Low imports ease pressure on external balances amid revolution in July
Bangladesh receives $1.63b in the first 21 days of September
The deficit in the country's current account and trade narrowed significantly in July, driven by a decline in imports amid the quota reform movement, which ultimately escalated into anti-government protests leading to the ouster of Sheikh Hasina's 15-year regime.
A strong rebound in remittance inflows following the formation of the interim government on 8 August provided the Bangladesh Bank with some breathing space by increasing dollar availability in the forex market.

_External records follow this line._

//! Why a command that is a program of the host is refused.

use crate::faults::Fault;
use ados_items::{first_word, rest_of, trimmed};
use ados_text::{NoMemory, Text, lines_of, same_name};
use ados_trace::shown;
use ados_world::{Dialect, HostEntry, NewFault, hosts_fault};
use std::alloc::Global;

/// Why a command is refused beside these: its name is given twice, or is that of a command of the Shell, or is no name.
pub fn refusal(
    alloc: Global,
    dialect: Dialect,
    host: &HostEntry,
    hosts: &[HostEntry],
) -> Result<Option<Fault>, Fault> {
    let is_given = hosts.iter().any(|other| same_name(other.name.as_bytes(), host.name.as_bytes()));
    match reason(alloc, dialect, host, is_given)? {
        Some(reason) => Ok(Some(Fault::HostWords(reason))),
        None => Ok(None),
    }
}

/// The fault of a line of a file of hosts, by the line's number from 1.
pub fn bad_line(alloc: Global, dialect: Dialect, file: &str, line: usize, bytes: &[u8]) -> Fault {
    match line_fault(alloc, dialect, file, line, bytes) {
        Ok(fault) => fault,
        Err(_) => Fault::Memory,
    }
}

fn line_fault(
    alloc: Global,
    dialect: Dialect,
    file: &str,
    line: usize,
    bytes: &[u8],
) -> Result<Fault, NoMemory> {
    let lines = lines_of(alloc, bytes)?;
    let before = lines
        .as_slice()
        .get(..line.saturating_sub(1))
        .unwrap_or(&[]);
    let words = match lines.get(line.saturating_sub(1)) {
        Some(words) => trimmed(words.as_bytes()),
        None => &[],
    };
    Ok(Fault::HostLine {
        file: String::from_str(alloc, file)?,
        line,
        reason: line_reason(alloc, dialect, before, words)?,
    })
}

// What is wrong with the words of a line after these lines.
fn line_reason(
    alloc: Global,
    dialect: Dialect,
    before: &[Text],
    words: &[u8],
) -> Result<String, NoMemory> {
    let name = first_word(words);
    let host = HostEntry {
        name: Text::from_bytes(alloc, name)?,
        program: Text::from_bytes(alloc, rest_of(words))?,
    };
    if host.program.as_bytes().is_empty() {
        let name = shown(&host.name);
        return Ok(format!(in alloc; "{name} has no program")?);
    }
    let is_given = before.iter().any(|line| same_name(first_word(trimmed(line.as_bytes())), name));
    match reason(alloc, dialect, &host, is_given)? {
        Some(reason) => Ok(reason),
        None => Ok(String::from_str(alloc, "more than 64 commands")?),
    }
}

// Why a command is refused, if it is not for their number.
fn reason(
    alloc: Global,
    dialect: Dialect,
    host: &HostEntry,
    is_given: bool,
) -> Result<Option<String>, NoMemory> {
    let name = shown(&host.name);
    if is_given {
        return Ok(Some(format!(in alloc; "{name} is given twice")?));
    }
    let mut alone = Vec::new(alloc);
    alone.push(host.clone()?)?;
    match hosts_fault(dialect, alone.as_slice()) {
        None => Ok(None),
        Some(NewFault::Double(_)) => Ok(Some(format!(in alloc;
            "{name} is a command of the Shell"
        )?)),
        Some(_) => Ok(Some(format!(in alloc; "{name} is not a name of the Shell")?)),
    }
}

The balance of payments statement shows that the deficit in the current account, which includes primary income and expenditure, narrowed by 34.5% to $193 million in the first month of the current fiscal year, down from $295 million a year ago.
The improvement in the current account balance also helped reduce the trade deficit by 9%, bringing it down to $1.4 billion in July from $1.6 billion in the same month last year.
Import expenditure dropped by 2.6% year-on-year during the month, while exports showed a slight positive growth of 0.4%, helping to ease pressure on the external balance.
Although remittance growth fell by 3% during the month due to internet disruptions and bank closures amid the anti-government movement, it experienced a strong rebound in August following the ouster of Hasina's government.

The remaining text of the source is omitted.